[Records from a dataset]

· · · · · · ·

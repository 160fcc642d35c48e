//! Taking orders off the sides, and appending their outs.

ghost use Rattle.std.specs.Prelude.{◌≡◌, IsOk, length};
ghost use Rattle.dex_orders.specs.OrdersAccount.{IsOpen};
ghost use Rattle.dex_ring.specs.Ring.{ring_of, room_of};
ghost use Rattle.dex_accounts.specs.Keeps.{KeepsEvents, KeepsSide};
ghost use Rattle.dex_cancel.specs.Cancelling.{decided, named_by};
ghost use Rattle.dex_cancel.specs.TakenOff.{CanLeave, handed, queue_of, with_outs};
ghost use Rattle.dex_cancel.specs.Parts.{cancel_given, left_by, named_in};
ghost use Rattle.dex_cancel_slots.specs.Cancels.{HaveLeftSo};
ghost use Rattle.dex_cancel_slots.specs.Given.{IsGiven, slots_in};
ghost use Rattle.dex_cancel_slots.specs.Slots.{DoSlotsName};

use crate::finding::find_oldest;
use crate::owned::Owner;
use crate::pruning::prune_side;
use dex_cancel::CancelWhat;
use dex_cancel::steps::{cancel_by_id, cancel_maybe};
use dex_ring::RingView;
use dex_types::{Lots, Side, SideBook};

/// Takes the orders that a cancel names, and appends their outs. It answers how many they were.
fn cancel_all<B: SideBook, A: SideBook>(
    what: &CancelWhat,
    owner: Owner<'_>,
    sizes: Lots,
    bids: &mut B,
    asks: &mut A,
    ring: &mut RingView<'_>,
) -> u32
    requires open { IsOpen owner.orders.bytes.now }
    requires bids { B.holds bids.old }
    requires asks { A.holds asks.old }
    requires names { DoSlotsName owner.account (slots_in owner.orders) (B.orders bids.old) (A.orders asks.old) }
    requires can { let before = handed sizes B.orders A.orders bids.old asks.old ring.old in
        CanLeave (named_in (named_by what.now) owner.account before) before }
    ensures does { let before = handed sizes B.orders A.orders bids.old asks.old ring.old in
        let after = handed sizes B.orders A.orders bids.new asks.new ring.new in
        HaveLeftSo (named_in (named_by what.now) owner.entry.account before) before after result }
    ensures bids { KeepsSide B.holds B.same_place B.side B.room bids.old bids.new }
    ensures asks { KeepsSide A.holds A.same_place A.side A.room asks.old asks.new }
    ensures place { ring.new.bytes.ghost_name ≡ ring.old.bytes.ghost_name }
{
    match what {
        CancelWhat::ById { side, id } => cancel_by_id(*side, *id, sizes, bids, asks, ring),
        CancelWhat::ByClient(client) => {
            let found = find_oldest(owner, bids, asks, *client);
            cancel_maybe(found, sizes, bids, asks, ring)
        }
        CancelWhat::ByClients(ids) => {
            let mut count = 0;
            for place in 0..usize::from(ids.count) {
                let client = ids.ids[place];
                let found = if client == 0 {
                    None
                } else {
                    find_oldest(owner, bids, asks, client)
                };
                count += cancel_maybe(found, sizes, bids, asks, ring);
            }
            count
        }
        CancelWhat::Prune(limit) => {
            let limit = u32::from(*limit);
            let taken = prune_side(Side::Bid, limit, owner, sizes, bids, ring);
            taken + prune_side(Side::Ask, limit - taken, owner, sizes, asks, ring)
        }
    }
}

/// Takes the orders that a cancel names off the two sides, one after the other, appends for each an out that releases
/// all that it locked, and answers how many they were: all as `apply_cancel` does it, the orders found by the slots of
/// the account. `sizes` are the market's lot sizes.
pub fn apply_cancel_by_slots<B: SideBook, A: SideBook>(
    what: &CancelWhat,
    owner: Owner<'_>,
    sizes: Lots,
    bids: &mut B,
    asks: &mut A,
    ring: &mut RingView<'_>,
) -> u32
    // The cancel was decided on a sound market.
    requires bids { B.holds bids.old }
    requires asks { A.holds asks.old }
    requires market { let before = handed sizes B.orders A.orders bids.old asks.old ring.old in
        IsGiven cancel_given before owner.account owner.orders.bytes.now }
    requires decided { let room = room_of (ring_of ring.old.bytes.now) in
        IsOk (decided (named_by what.now) owner.account (B.orders bids.old) (A.orders asks.old) room) }

    // The orders that it names are gone, in the bytes and as they are read.
    ensures count { let before = handed sizes B.orders A.orders bids.old asks.old ring.old in
        result ≡ length (named_in (named_by what.now) owner.entry.account before) }
    ensures does { let before = handed sizes B.orders A.orders bids.old asks.old ring.old in
        let after = handed sizes B.orders A.orders bids.new asks.new ring.new in
        after ≡ left_by (named_in (named_by what.now) owner.entry.account before) before }
    ensures events { let before = handed sizes B.orders A.orders bids.old asks.old ring.old in
        let gone = named_in (named_by what.now) owner.entry.account before in
        ring_of ring.new.bytes.now ≡ (with_outs sizes gone (queue_of before.queue)).list }

    // Sides and queue stay where they lie.
    ensures bids { KeepsSide B.holds B.same_place B.side B.room bids.old bids.new }
    ensures asks { KeepsSide A.holds A.same_place A.side A.room asks.old asks.new }
    ensures ring { KeepsEvents ring.old ring.new }
{
    cancel_all(what, owner, sizes, bids, asks, ring)
}
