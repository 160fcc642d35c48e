//! When the slots of an account name its orders, and what they then tell. A law is a function without a body, and its
//! clauses are the law.

ghost use Rattle.std.specs.Prelude.{◌≡◌, ◌∷◌, ℕ, List, Some, length};
ghost use Rattle.std.specs.List.Sorted.{IsPermutation};
ghost use Rattle.dex_types.specs.declared.addresses.Address.{Address};
ghost use Rattle.dex_types.specs.declared.terms.Side.{Side};
ghost use Rattle.dex_types.specs.declared.terms.Side.TheVariants.{Ask, Bid};
ghost use Rattle.dex_types.specs.Cancel.{RestingOrder, all_orders_of, oldest, orders_of};
ghost use Rattle.dex_types.specs.Market.{Market};
ghost use Rattle.dex_types.specs.Side.{by_side};
ghost use Rattle.dex_types.specs.Soundness.{IsSound};
ghost use Rattle.dex_types.specs.Trader.{Account, Open, trader_at};
ghost use Rattle.dex_orders.specs.OrdersAccount.{account_of};
ghost use Rattle.dex_accounts.specs.Parts.{AreSoundParts, HasOpen, MarketParts};
ghost use Rattle.dex_cancel.specs.Counting.{count_of_client};
ghost use Rattle.dex_cancel.specs.TakenOff.{without_all, without_one};
ghost use Rattle.dex_cancel_slots.specs.Slots.{DoSlotsName, WhereNamed, any_holding, has_client, in_book_order, is_on};
ghost use Rattle.dex_cancel_slots.specs.Slots.{oldest_of, orders_in};

/// The slots of an open account of a sound market name its orders, by the market and by its parts; they do so still
/// when orders leave the book.
pub fn an_accounts_slots_name_its_orders()
    ensures sound { (owner : Address) (account : Account) (m : Market) → IsSound m
        → trader_at owner m.traders ≡ Some (Open account) → DoSlotsName owner account.slots m.bids m.asks }
    ensures parts { (owner : Address) (bytes : List ℕ) (whole : MarketParts) → AreSoundParts whole
        → HasOpen owner bytes whole → DoSlotsName owner (account_of bytes).slots whole.bids whole.asks }
    ensures stays { WhereNamed (λ owner slots bids asks. (gone : List RestingOrder) →
        DoSlotsName owner slots (without_all Bid gone bids) (without_all Ask gone asks)) }
{}

/// Slots that name an owner's orders tell exactly its resting orders, each once; how many have a client id, and the
/// oldest of them; and those of a side in book order. Where the owner's first order leaves the book, its others are
/// left, in their order.
pub fn the_slots_tell_an_owners_orders()
    ensures orders { WhereNamed (λ owner slots bids asks.
        IsPermutation (all_orders_of owner bids asks) (orders_in any_holding bids asks slots)) }
    ensures count { WhereNamed (λ owner slots bids asks. (client : ℕ) →
        length (orders_in (has_client client) bids asks slots)
        ≡ count_of_client client (all_orders_of owner bids asks)) }
    ensures oldest { WhereNamed (λ owner slots bids asks. (client : ℕ) →
        oldest_of (orders_in (has_client client) bids asks slots) ≡ oldest client (all_orders_of owner bids asks)) }
    ensures side { WhereNamed (λ owner slots bids asks. (side : Side) →
        in_book_order side (orders_in (is_on side) bids asks slots) ≡ orders_of owner side (by_side side bids asks)) }
    ensures first { WhereNamed (λ owner slots bids asks. (first : RestingOrder) (rest : List RestingOrder) →
        all_orders_of owner bids asks ≡ first ∷ rest
        → all_orders_of owner (without_one Bid first bids) (without_one Ask first asks) ≡ rest) }
{}
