//! Whether a cancel is refused.

ghost use Rattle.std.specs.Prelude.{◌≡◌};
ghost use Rattle.dex_types.specs.Cancel as cancel;
ghost use Rattle.dex_cancel.specs.Cancelling.{decided, named_by};
ghost use Rattle.dex_cancel_slots.specs.Given.{IsGiven, IsNamed, sides_by, sides_given};

use crate::counting::{count_first, count_listed, has_more};
use crate::owned::{Owned, Owner, gathered};
use dex_cancel::steps::with_room;
use dex_cancel::{CancelWhat, decide_cancel};
use dex_types::{Refusal, SideRead};

/// A cancel by client id, which is not 0 and has to be one of the account's resting orders.
fn decide_by_client<B: SideRead, A: SideRead>(
    own: &Owned<'_, '_, '_, B, A>,
    room: u32,
    client: u64,
) -> Result<u32, Refusal>
    requires own { IsNamed B.holds B.orders A.holds A.orders own.now }
    ensures { result ≡ decided (cancel.ByClient client) own.now.account (B.orders own.now.bids.now)
        (A.orders own.now.asks.now) room }
{
    if client == 0 {
        return Err(Refusal::ClientIdZero);
    }
    if has_more(own, client, 0) {
        with_room(1, room)
    } else {
        Err(Refusal::ClientIdNotFound)
    }
}

/// A cancel of the account's first orders, up to the limit.
fn decide_prune<B: SideRead, A: SideRead>(
    own: &Owned<'_, '_, '_, B, A>,
    room: u32,
    limit: u16,
) -> Result<u32, Refusal>
    requires own { IsNamed B.holds B.orders A.holds A.orders own.now }
    ensures { result ≡ decided (cancel.First limit) own.now.account (B.orders own.now.bids.now)
        (A.orders own.now.asks.now) room }
{
    let needed = count_first(own, u32::from(limit));
    with_room(needed, room)
}

/// Why a cancel is refused, else how many orders it takes: the answers of `decide_cancel`, found by the slots of the
/// account. `room` is the number of free places of the event queue.
///
/// By id it is refused with OrderNotFound, SideMismatch or OrderNotYours, by client id with ClientIdZero or
/// ClientIdNotFound, and in each form with EventQueueFull, which carries the number of orders and the free places.
pub fn decide_cancel_by_slots<B: SideRead>(
    bids: &B,
    asks: &B,
    room: u32,
    owner: Owner<'_>,
    what: &CancelWhat,
) -> Result<u32, Refusal>
    requires bids { B.holds bids.now }
    requires asks { B.holds asks.now }
    requires market { let sides = sides_by (B.orders bids.now) (B.orders asks.now) in
        IsGiven sides_given sides owner.account owner.orders.bytes.now }
    ensures { result ≡ decided (named_by what.now) owner.entry.account (B.orders bids.now) (B.orders asks.now) room }
{
    let own = &gathered(owner, bids, asks);
    match what {
        CancelWhat::ById { .. } => decide_cancel(bids, asks, room, owner.account, what),
        CancelWhat::ByClient(client) => decide_by_client(own, room, *client),
        CancelWhat::ByClients(ids) => with_room(count_listed(own, ids), room),
        CancelWhat::Prune(limit) => decide_prune(own, room, *limit),
    }
}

· · · · · · ·

(Task brief)
Please report how many lines in the records above contain the word "free", and give nothing but the number.

(Response box)
2